Determine how many of the lines below hold the word "again". Give the number and nothing else.

[The data Boundary: Start]

impl<F: Find + Drop, P: Predicate + Drop> Simple<F, P> {
    /// A walk of what the tips reach through commits that the predicate accepts, breadth first. The predicate is asked once
    /// about each tip, in the order given. Nothing is read yet.
    ///
    /// # Errors
    ///
    /// `AllocError` when out of memory. The tips, the store and the predicate are dropped.
    pub fn filtered<T: IntoIterator<Item = ObjectId>>(
        alloc: Global,
        tips: T,
        find: F,
        predicate: P,
    ) -> Result<Self, AllocError>
    where
        T::IntoIter: Drop,
        requires ends { IsFiniteIterable T.into_iter_gives T.IntoIter.can_next T.IntoIter.remaining tips }
        requires asks { P.can_accept predicate }
        ensures made { IfOk result (λ walk. Draws T.into_iter_gives T.IntoIter.next_gives tips
            (λ ids. IsMade F.objects F.faulty P.answers find predicate ids walk)) }
        ensures asks { IfOk result (λ walk. P.can_accept walk.predicate) }
    {
        let keys = find.keys();
        let mut walk = Simple {
            source: Source::new(alloc, find, None),
            predicate,
            parents: Parents::All,
            sorting: Sorting::BreadthFirst,
            pending: PendingQueue::new(alloc),
            seen: IdSet::new(alloc, keys),
            remembered: IdSet::new(alloc, keys),
            begun: false,
            hidden_tips: Vec::new(alloc),
            hidden: HiddenIds::new(alloc, keys),
            text: Vec::new(alloc),
            current: None,
        };
        for tip in tips {
            // Breadth first no time is read, so the only fault is out of memory.
            let Ok(()) = walk.treat(Times::InStore, tip, NOWHERE) else {
                return Err(AllocError);
            };
        }
        Ok(walk)
    }

    /// The order of the walk, in place of an earlier one. By time, each pending tip is read from the store for its time, and a
    /// cutoff takes out those that are older: only if a parent list names such a tip again it may come back. Under `Parents::First`
    /// the walk is breadth first in any case.
    ///
    /// # Errors
    ///
    /// Each error drops the walk. Breadth first there is none. By time:
    /// - `Find` if the store hasn't a pending tip, or can't read it: the first of them, in the order given,
    /// - `ObjectDecode` if that tip's bytes are broken before its committer ends,
    /// - `Memory` when out of memory.
    pub fn sorting(mut self, sorting: Sorting) -> Result<Self, Error>
        ensures breadth_first { sorting ≡ by.BreadthFirst → result ≡ Ok (record self { sorting = sorting }) }
        ensures ok { sorting ≢ by.BreadthFirst → IfOk result (IsSortedByTime F.objects self sorting) }
        ensures err { IfErr result (λ e. e ≢ error.Memory → FailsAtTip (F.objects self.store) (F.faulty self.store) self.pending e) }
    {
        self.sorting = sorting;
        if sorting == Sorting::BreadthFirst {
            return Ok(self);
        }
        let tips = self.pending.take_list()?;
        self.sort_tips(tips, cutoff_of(Parents::All, sorting))?;
        Ok(self)
    }

    /// Hides all that these tips reach, by any parent and whatever the predicate says, in place of tips given earlier. The first
    /// step reads it; where it can't, that step gives `HiddenGraph`, and then nothing. After the first step the call hides nothing
    /// more, and shows nothing again: the walk goes on as without it.
    ///
    /// # Errors
    ///
    /// `Memory` when out of memory. The walk is dropped.
    pub fn hide<T: IntoIterator<Item = ObjectId>>(mut self, tips: T) -> Result<Self, Error>
    where
        T::IntoIter: Drop,
        requires { IsFiniteIterable T.into_iter_gives T.IntoIter.can_next T.IntoIter.remaining tips }
        ensures ok { IfOk result (λ walk. Draws T.into_iter_gives T.IntoIter.next_gives tips
            (λ ids. walk ≡ record self { hidden_tips = ids })) }
        ensures err { IfErr result (λ e. e ≡ error.Memory) }
    {
        let mut hidden_tips = Vec::new(self.source.alloc);
        for tip in tips {
            hidden_tips.push(tip)?;
        }
        self.hidden_tips = hidden_tips;
        Ok(self)
    }

    /// Which parents are walked, in place of an earlier choice. Under `First` the walk is breadth first whatever its sorting: no commit
    /// has a time, and a cutoff tests the tips alone.
    pub fn parents(mut self, parents: Parents) -> Self
        ensures { result ≡ record self { parents = parents } }
    {
        self.parents = parents;
        self
    }

    /// A commit-graph to read commits from, in place of an earlier one. A commit without a row is read from the store. The first
    /// corrupt row that is read drops the graph.
    pub fn commit_graph(mut self, graph: Option<Graph>) -> Self
        ensures { result ≡ record self { rows = rows_of graph } }
    {
        self.source.graph = graph;
        self.source.in_use = true;
        self
    }

    /// The commit that the last answer was about: the one that was given, or the one that could not be read, or a parent of which had no
    /// time to be read. None before the first commit; a step that gives `HiddenGraph`, or that runs out of memory before it takes a commit,
    /// leaves it as it is, and so does the end.
    pub fn current(&self) -> Option<ObjectId>
        ensures { result ≡ self.now.current }
    {
        self.current
    }

    /// The commit-graph, as long as its rows are read: none before [`commit_graph`](Simple::commit_graph) and after a corrupt row. The row of
    /// a commit that was given by its row is `graph.commit_by_id(&commit.id)`; where there is none, its text is in
    /// [`commit_data`](Simple::commit_data).
    pub fn graph(&self) -> Option<&Graph>
        ensures { rows_in result ≡ self.now.rows }
    {
        self.source.graph()
    }

    /// The text of the commit last given. It is empty where a row gave the commit, before the first commit and after a fault, and
    /// stays after the end.
    pub fn commit_data(&self) -> &[u8]
        ensures { result.now ≡ self.now.text }
    {
        &self.text
    }

    /// The items of the text of `commit_data`. An empty text has none, so where a row gave the commit `committer` answers `Missing`.
    pub fn commit_iter(&self) -> CommitRefIter<'_>
        ensures { commit_items_left result ≡ commit_items (kind_at self.now.current) self.now.text }
    {
        let kind = match self.current {
            None => Kind::Sha1,
            Some(id) => id.kind(),
        };
        CommitRefIter::from_bytes(self.commit_data(), kind)
    }
}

[The data Boundary: End]

Solution for this problem >> 2